In Vanuatu, Tromp scraped the plaque off 32 ancient teeth that had been unearthed from Teouma Bay, the oldest, most extensive and best-preserved cemetery in the Pacific. (There weren’t as many teeth as Tromp had hoped, because of the colonists’ funerary culture—they removed the skulls from the dead some time after burial.) Archaeologists think the remains of more than 70 people found at Teouma, which is on the island of Efate, represent the first couple of generations of humans living on Vanuatu. These people are known as the Lapita.

Back in Dunedin, Tromp used an acid to dissolve the calcified plaque, leaving behind microscopic glass-like particles called phytoliths, which form inside plants as they grow. Some phytoliths are specific and easy to identify—under a microscope, those of bananas look like tiny volcanoes—while most are more generic in shape. The phytoliths told Tromp that the Lapita were using the bark and leaves of forest trees either as food, as medicine or in crafts (for example, they may have used their teeth to strip plant fibres for weaving).

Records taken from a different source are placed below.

// Whether two steps may come in either order on an image: whether neither sees what the other changes. What a step changes is found by
// playing it on a copy; what a step sees is told by its kind, its fields and the image.
#![tactic(auto)]

ghost use Rattle.std.specs.Prelude.{IfOk, ◌≡◌, not, ◌<◌, eqb, length};
ghost use Rattle.octets.specs.Bytes.{◌and◌};
ghost use Rattle.rules.specs.Layout.{base, image_bytes};
ghost use Rattle.rules.specs.State.{transactor_at};
ghost use Rattle.rules.specs.Refusals as kinds;
ghost use Rattle.rules.specs.Step.{sign};
ghost use Rattle.rules.specs.Independent as clauses;
ghost use Rattle.rules.specs.Rules.{step_of};
ghost use Rattle.rules.specs.Pack.{pack, unpack};
ghost use Rattle.rules.specs.Numbers.{refusal_in};
ghost use Rattle.rules.specs.Promises.{IndependentPromise};
ghost use Rattle.rules.specs.Internal.Well.{StepOk};
ghost use Rattle.image.specs.Formed.{state_in};
ghost use Rattle.independence.specs.Answer.{is_independent};
ghost use Rattle.independence.specs.Internal.Footprint as footprint;

use group::own;
use image::formed::Formed;
use image::layout::{CREATION, FIRST_TRANSACTOR, IMAGE, STATE, TRANSACTOR, TRANSACTORS};
use image::{head, limits, messages};
use lists::groups::is_named;
use lists::{STEP, fields, packed, refusals};
use rules::Step;
use rules::kinds::Kind;
use rules::outcomes::Outcome;
use rules::refusals::Refusal;

// ---- kinds

// root, new
fn opens(p: Step) -> bool
    ensures { result ≡ clauses.opens p.kind }
{
    matches!(Kind::try_from(p.kind), Ok(Kind::Root | Kind::New))
}

// letter, send
fn sends(p: Step) -> bool
    ensures { result ≡ kinds.sends p.kind }
{
    matches!(Kind::try_from(p.kind), Ok(Kind::Letter | Kind::Send))
}

// receive, lose
fn consumes(p: Step) -> bool
    ensures { result ≡ clauses.takes_away p.kind }
{
    matches!(Kind::try_from(p.kind), Ok(Kind::Receive | Kind::Lose))
}

// sign
fn signs(p: Step) -> bool
    ensures { result ≡ eqb p.kind sign }
{
    matches!(Kind::try_from(p.kind), Ok(Kind::Sign))
}

// ---- transactors

// To whom the waiting message with this number is addressed.
fn receiver(image: &Formed<'_>, number: u16) -> Option<usize>
    ensures { result ≡ footprint.receiver_of (state_in image.now) number }
{
    let k = messages::place_of(image.bytes, messages::waiting(image.bytes), number)?;
    Some(messages::addressee(image.bytes, k))
}

// Whether the step sees transactor t whole; so many are opened, and that one would receive.
#[tactic(auto, unfolding(crate::specs::Internal::Footprint::touches))]
fn touches(p: Step, opened: usize, to: Option<usize>, t: usize) -> bool
    requires { t < base.transactors }
    ensures { result ≡ footprint.touches opened to p t }
{
    let Ok(kind) = Kind::try_from(p.kind) else {
        return false;
    };
    match kind {
        Kind::Sign => is_named(p.message, t),
        Kind::Receive => to == Some(t),
        Kind::Root => opened == t,
        Kind::New => opened == t || usize::from(p.transactor) == t,
        Kind::Send
        | Kind::Read
        | Kind::Write
        | Kind::Freeze
        | Kind::Finish
        | Kind::Fall
        | Kind::Fail => usize::from(p.transactor) == t,
        Kind::Letter | Kind::Lose => false,
    }
}

// Whether both see some transactor whole.
#[tactic(auto, unfolding(crate::specs::Internal::Footprint::transactors_meet))]
fn transactors_meet(image: &Formed<'_>, p: Step, q: Step) -> bool
    ensures { result ≡ footprint.transactors_meet base (state_in image.now) p q }
{
    let opened = usize::from(head::opened(image.bytes));
    let first = receiver(image, p.message);
    let second = receiver(image, q.message);
    (0..TRANSACTORS).any(|t| touches(p, opened, first, t) && touches(q, opened, second, t))
}

// Whether the step is a letter or a send to transactor t.
#[tactic(auto, unfolding(crate::specs::Internal::Footprint::addresses))]
fn addresses(q: Step, t: u8) -> bool
    ensures { result ≡ footprint.addresses q t }
{
    match Kind::try_from(q.kind) {
        Ok(Kind::Letter) => q.transactor == t,
        Ok(Kind::Send) => q.other == t,
        _ => false,
    }
}

// ---- messages

// The number of the message that the step makes, receives or loses.
#[tactic(auto, unfolding(crate::specs::Internal::Footprint::handled))]
fn handled(next: u16, p: Step) -> u16
    ensures { result ≡ footprint.handled next p }
{
    if sends(p) { next } else { p.message }
}

// Whether the step makes, receives or loses a message.
fn handles(p: Step) -> bool
    ensures { result ≡ footprint.handles p.kind }
{
    consumes(p) || sends(p)
}

// Whether p frees a place where none is free (full), and q wants one; or both make, receive or lose the same message.
#[tactic(auto, unfolding(crate::specs::Internal::Footprint::parcels_meet))]
fn messages_meet(next: u16, full: bool, p: Step, q: Step) -> bool
    ensures { result ≡ footprint.parcels_meet next full p q }
{
    full && consumes(p) && sends(q)
        || handles(p) && handles(q) && handled(next, p) == handled(next, q)
}

// Whether p opens the transactor to which q is addressed, or they meet in a message or in the room for one.
#[tactic(auto, unfolding(crate::specs::Internal::Footprint::heads_meet))]
fn heads_meet(image: &Formed<'_>, p: Step, q: Step) -> bool
    ensures { result ≡ footprint.heads_meet (state_in image.now) p q }
{
    if opens(p) {
        return addresses(q, head::opened(image.bytes));
    }
    let full = usize::from(limits::messages(image.bytes)) <= messages::waiting(image.bytes);
    messages_meet(head::next(image.bytes), full, p, q)
}

// ---- lists of checkpoints

// Whether the own history of transactor t has another list in the copy.
fn relisted(image: &Formed<'_>, copy: &Formed<'_>, t: usize) -> bool
    requires { t < base.transactors }
    ensures { result ≡ footprint.relisted (state_in image.now) (state_in copy.now) t }
{
    let mut before = own(image, t);
    let mut after = own(copy, t);
    // of the two lists alone
    before.incarnation = 0;
    after.incarnation = 0;
    !before.same_incarnation(after)
}

// Whether transactor t has a history of transactor u in its state or creation map.
fn has_history(image: &Formed<'_>, t: usize, u: usize) -> bool
    requires { (t < base.transactors) × (u < base.transactors) }
    ensures { result ≡ clauses.has_mark (transactor_at (state_in image.now) t) u }
{
    let at = FIRST_TRANSACTOR + TRANSACTOR * t;
    let state = at + STATE + marks::SIZE * u;
    let creation = at + CREATION + marks::SIZE * u;
    packed_histories::present(image.bytes, state)
        || packed_histories::present(image.bytes, creation)
}

// Whether one that the group names has.
fn have_history(image: &Formed<'_>, group: u16, u: usize) -> bool
    requires { u < base.transactors }
    ensures { result ≡ footprint.has_marks (state_in image.now) group u }
{
    (0..TRANSACTORS).any(|t| is_named(group, t) && has_history(image, t, u))
}

// Whether q, a signing, looks at the checkpoints of a transactor that has another list in the copy.
#[tactic(auto, unfolding(crate::specs::Internal::Footprint::lists_meet))]
fn lists_meet(image: &Formed<'_>, copy: &Formed<'_>, q: Step) -> bool
    ensures { result ≡ footprint.lists_meet base (state_in image.now) (state_in copy.now) q }
{
    signs(q)
        && (0..TRANSACTORS).any(|t| relisted(image, copy, t) && have_history(image, q.message, t))
}

// ---- two steps

// Plays the step on a copy of the image: its outcome or refusal.
fn play(image: &Formed<'_>, copy: &mut [u8], p: Step) -> u8
    requires { (length copy.old ≡ image_bytes base) × StepOk p }
    ensures { (result ≡ (step_of base (state_in image.now) p).reply.outcome) × (copy.new ≡ pack base (step_of base (state_in image.now) p).state) }
{
    octets::write(copy, 0, image.bytes);
    let mut waiting = messages::waiting(image.bytes);
    let r = steps::step(copy, &mut waiting, p);
    r.outcome
}

// Whether p, which has this outcome, leaves the transactors that it sees as they were: a send, or a signing that is not ready.
#[tactic(auto, unfolding(crate::specs::Internal::Footprint::leaves_by))]
fn leaves(p: Step, outcome: u8) -> bool
    ensures { result ≡ footprint.leaves_by p outcome }
{
    match Kind::try_from(p.kind) {
        Ok(Kind::Send) => true,
        Ok(Kind::Sign) => outcome == Outcome::NotReady.number(),
        _ => false,
    }
}

// Whether p, which has this outcome, changes a transactor that q sees whole.
fn changes_meet(image: &Formed<'_>, p: Step, q: Step, outcome: u8) -> bool
    ensures { result ≡ not (footprint.leaves_by p outcome) and footprint.transactors_meet base (state_in image.now) p q }
{
    !leaves(p, outcome) && transactors_meet(image, p, q)
}

// Whether q sees something that p changes. The copy is for the play.
fn meets(image: &Formed<'_>, copy: &mut [u8], p: Step, q: Step) -> bool
    requires { (length copy.old ≡ image_bytes base) × StepOk p }
    ensures { (result ≡ footprint.meets base (state_in image.now) p q) × (length copy.new ≡ image_bytes base) }
{
    if fields::malformed(q) {
        return false;
    }
    let outcome = play(image, copy, p);
    if refusals::is_refusal(outcome) {
        return false;
    }
    if heads_meet(image, p, q) {
        return true;
    }
    if changes_meet(image, p, q, outcome) {
        return true;
    }
    let played = Formed { bytes: copy };
    lists_meet(image, &played, q)
}

// The image, lent as one that is well-formed; or 16, 17 for a step that has not eight bytes, 19.
#[tactic(auto, unfolding(rules::specs::Independent::independent_refusal))]
fn check<'a>(image: &'a [u8], first: &[u8], second: &[u8]) -> Result<Formed<'a>, Refusal>
    ensures refused { refusal_in result ≡ clauses.independent_refusal base image.now first.now second.now }
    ensures lent { IfOk result (λ f. f.bytes.now ≡ image.now) }
{
    if image.len() != IMAGE {
        return Err(Refusal::WrongLength);
    }
    if first.len() != STEP || second.len() != STEP {
        return Err(Refusal::WrongPart);
    }
    if !form::formed(image) {
        return Err(Refusal::IllFormed);
    }
    Ok(Formed { bytes: image })
}

// Whether the two packed steps are independent on the image: whether neither sees what the other changes. Refused as 16, 17 for a step that has
// not eight bytes, or 19.
pub fn independent(image: &[u8], first: &[u8], second: &[u8]) -> Result<bool, Refusal>
    ensures { IndependentPromise base image.now first.now second.now (refusal_in result) (is_independent result) }
{
    let formed = check(image, first, second)?;
    let p = packed::decode(first, 0);
    let q = packed::decode(second, 0);
    let mut copy = [0u8; IMAGE];
    if meets(&formed, &mut copy, p, q) {
        return Ok(false);
    }
    Ok(!meets(&formed, &mut copy, q, p))
}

The study of dental micro-remains fills in information that can’t be gleaned from other archaeological sources such as middens (historic rubbish dumps), says University of Otago professor Lisa Matisoo-Smith, who was also involved in the study. This is because plants don’t tend to preserve as well as bones or shellfish. “It’s a great new approach that tells us about not only the diet of Pacific people but also their utilisation of plant materials.”

The study also shows that, while the Lapita brought pigs, chickens and rats with them to Vanuatu, they quickly began to exploit the plants and animals of their new environment. Several bird and bat species and a giant crocodile went extinct on Vanuatu shortly after human arrival.

“They’re amazing explorers,” says Tromp. “If you envisage these people going out into the Pacific—they have no idea if they’re going to find land or not. It’s like people going into space and discovering new planets.”